Cost of sales (63,000) (32,000)
Gross profit 22,000 10,000
Distribution costs (2,000) (2,000)
Administrative expenses (6,000) (3,200)
Finance costs (300) (400)
Profit before tax 13,700 4,400
Income tax expense (4,700) (1,400)
Profit for the year 9,000 3,000

STATEMENTS OF FINANCIAL POSITION AS AT 30 SEPTEMBER 20X8

Petros Sepo
Assets K'000 K'000
Non-current assets
Consideration in Sepo 9,600
Property, plant and equipment 40,600 12,600
Current assets 16,000 6,600
Total assets 66,200 19,200
Equity and liabilities
Equity shares of K1 each 19,600 4,000
Retained earnings 35,400 6,500
55,000 10,500
Non-current liabilities
10% loan notes 3,000 4,000
Current liabilities 8,200 4,700
Total equity and liabilities 66,200 19,200

The following information is relevant.


i. At the date of acquisition, the fair values of Sepo's assets were equal to their carrying
amounts with the exception of an item of plant, which had a fair value of K2 million in
excess of its carrying amount. It had a remaining life of five years at that date (straight-line
depreciation is used). Sepo has not adjusted the carrying amount of its plant as a result of the
fair value exercise.
ii.

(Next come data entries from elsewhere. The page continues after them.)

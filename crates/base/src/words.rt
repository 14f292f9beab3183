// The words of a file, little-endian: as they are, and as the numbers of tables.
ghost use Rattle.std.specs.Prelude.{◌≡◌, ℕ, ◌+◌, ◌*◌, ◌<◌, ◌≤◌, T, length, slice_index};
ghost use Rattle.std.specs.Float.Ieee.Scale.{finite};
ghost use Rattle.base.specs.Fill.{tabulate};
ghost use Rattle.base.specs.Words.{word_at, integer_at, float_at, table_word_at, FiniteRun};

use crate::number;

// A byte, or 0 where it is not there.
fn byte(s: &[u8], at: usize) -> u8
    ensures { result ≡ slice_index s.now at }
{
    s.get(at).copied().unwrap_or(0)
}

// The word of four bytes that are there.
pub(crate) fn whole_word(s: &[u8], at: usize) -> u32
    requires { at + 4 ≤ length s.now }
    ensures { result ≡ word_at s.now at }
{
    u32::from_le_bytes([s[at], s[at + 1], s[at + 2], s[at + 3]])
}

// The word of four bytes of which some are not there.
fn short_word(s: &[u8], at: usize) -> u32
    ensures { result ≡ word_at s.now at }
{
    if at < s.len() {
        u32::from_le_bytes([
            byte(s, at),
            byte(s, at + 1),
            byte(s, at + 2),
            byte(s, at + 3),
        ])
    } else {
        0
    }
}

// The little-endian word at `at`; a byte that is not there counts as 0.
pub fn word(s: &[u8], at: usize) -> u32
    ensures { result ≡ word_at s.now at }
{
    if s.len() >= 4 && at <= s.len() - 4 {
        whole_word(s, at)
    } else {
        short_word(s, at)
    }
}

// The word at `at` as a signed number; a byte that is not there counts as 0.
pub fn integer(s: &[u8], at: usize) -> i32
    ensures { result ≡ integer_at s.now at }
{
    number::signed(word(s, at))
}

// The word at `at` as an `f32`, of words that are no table's: a NaN's pattern gives a NaN, and a
// byte that is not there counts as 0.
pub fn float(s: &[u8], at: usize) -> f32
    ensures { result ≡ float_at s.now at }
{
    number::float32(word(s, at))
}

// The word at `at` as a table's, where every number must be finite: none where it is a NaN's or an
// infinity's pattern. A byte that is not there counts as 0.
pub fn table_word(s: &[u8], at: usize) -> Option<f32>
    ensures { result ≡ table_word_at s.now at }
{
    let x = float(s, at);
    x.is_finite().then_some(x)
}

// The word of a table in which all words were found finite.
pub(crate) fn finite_word(s: &[u8], at: usize) -> f32
    requires { (at + 4 ≤ length s.now) × T (finite (float_at s.now at)) }
    ensures { result ≡ float_at s.now at }
{
    f32::from_bits(whole_word(s, at))
}

// The words from `at` on into a lent array, all of it.
pub(crate) fn read_words(s: &[u8], at: usize, out: &mut [u32])
    requires { at + 4 * length out.old ≤ length s.now }
    ensures { out.new ≡ tabulate
        (λ i. word_at s.now (at + i * 4))
        (length out.old) }
{
    for (i, w) in out.iter_mut().enumerate() {
        *w = whole_word(s, at + i * 4);
    }
}

// The same of the numbers of a table in which all words were found finite.
pub(crate) fn read_floats(s: &[u8], at: usize, out: &mut [f32])
    requires { (at + 4 * length out.old ≤ length s.now) × FiniteRun s.now at (length out.old) }
    ensures { out.new ≡ tabulate
        (λ i. float_at s.now (at + 4 * i))
        (length out.old) }
{
    // A loop of its own: one for both kinds of words would take a reader that states a contract.
    for (i, x) in out.iter_mut().enumerate() {
        *x = finite_word(s, at + 4 * i);
    }
}
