// The ranges of fields, of documents 01 and 02, that more than one call is held to.
ghost use Rattle.std.specs.Prelude.{◌≡◌};
ghost use Rattle.base.specs.Ranges.{is_month, month_check, is_bit, model_check, is_to, hour_check, latitude_check, longitude_check};

use crate::angle::Degrees;
use crate::refusal::{Refusal, Verdict, refuse_unless};

pub(crate) fn is_month(m: u32) -> bool
    ensures { result ≡ is_month m }
{
    (1..=12).contains(&m)
}

// The verdict on a month: 1, place 1, unless it is from 1 to 12.
pub fn month_check(m: u32) -> Verdict
    ensures { result ≡ month_check m }
{
    refuse_unless(is_month(m), Refusal::Month)
}

// Whether a word is 0 or 1.
pub fn is_bit(w: u32) -> bool
    ensures { result ≡ is_bit w }
{
    w <= 1
}

// The verdict on an F2 model's word: 7, place 15, unless it is 0 (CCIR) or 1 (URSI).
pub fn model_check(m: u32) -> Verdict
    ensures { result ≡ model_check m }
{
    refuse_unless(is_bit(m), Refusal::Model)
}

// Whether x is from low to high, ends included; a NaN is outside.
pub fn is_to(low: f32, high: f32, x: f32) -> bool
    ensures { result ≡ is_to low high x }
{
    low <= x && x <= high
}

// The verdict on an hour: 3, place 3, unless it is from 0 to 24; a NaN is outside.
pub fn hour_check(x: f32) -> Verdict
    ensures { result ≡ hour_check x }
{
    refuse_unless(is_to(0.0, 24.0, x), Refusal::Hour)
}

// The verdict on a latitude in degrees: 4 with the field's number as its place, unless it is from
// -90 to 90; a NaN is outside.
pub fn latitude_check(field: u32, x: Degrees) -> Verdict
    ensures { result ≡ latitude_check field x }
{
    refuse_unless(is_to(-90.0, 90.0, x.0), Refusal::Latitude(field))
}

// The verdict on a longitude in degrees: 5 with the field's number as its place, unless it is from
// -180 to 180; a NaN is outside.
pub fn longitude_check(field: u32, x: Degrees) -> Verdict
    ensures { result ≡ longitude_check field x }
{
    refuse_unless(is_to(-180.0, 180.0, x.0), Refusal::Longitude(field))
}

Sales from Sepo to Petros in the post-acquisition period were K8 million. Sepo made a mark-
up on cost of 40% on these sales. Petros had sold K5.2 million (at cost to Petros) of these
goods by 30 September 20X8.
iii. Other than where indicated, profit or loss items are deemed to accrue evenly on a time basis.
iv. Sepo's trade receivables at 30 September 20X8 include K600,000 due from Petros which did
not agree with Petros's corresponding trade payable. This was due to cash in transit of
K200,000 from Petros to Sepo. Both companies have positive bank balances.
v. Petros has a policy of accounting for any non-controlling interest at full fair value. The fair
value of the non-controlling interest in Sepo at the date of acquisition was estimated to be
K5.9 million.

Required
a) Prepare the consolidated statement of profit or loss for Petros as at 30 September 20X8.
b) Prepare the consolidated statement of financial position for Petros as at 30 September 20X8.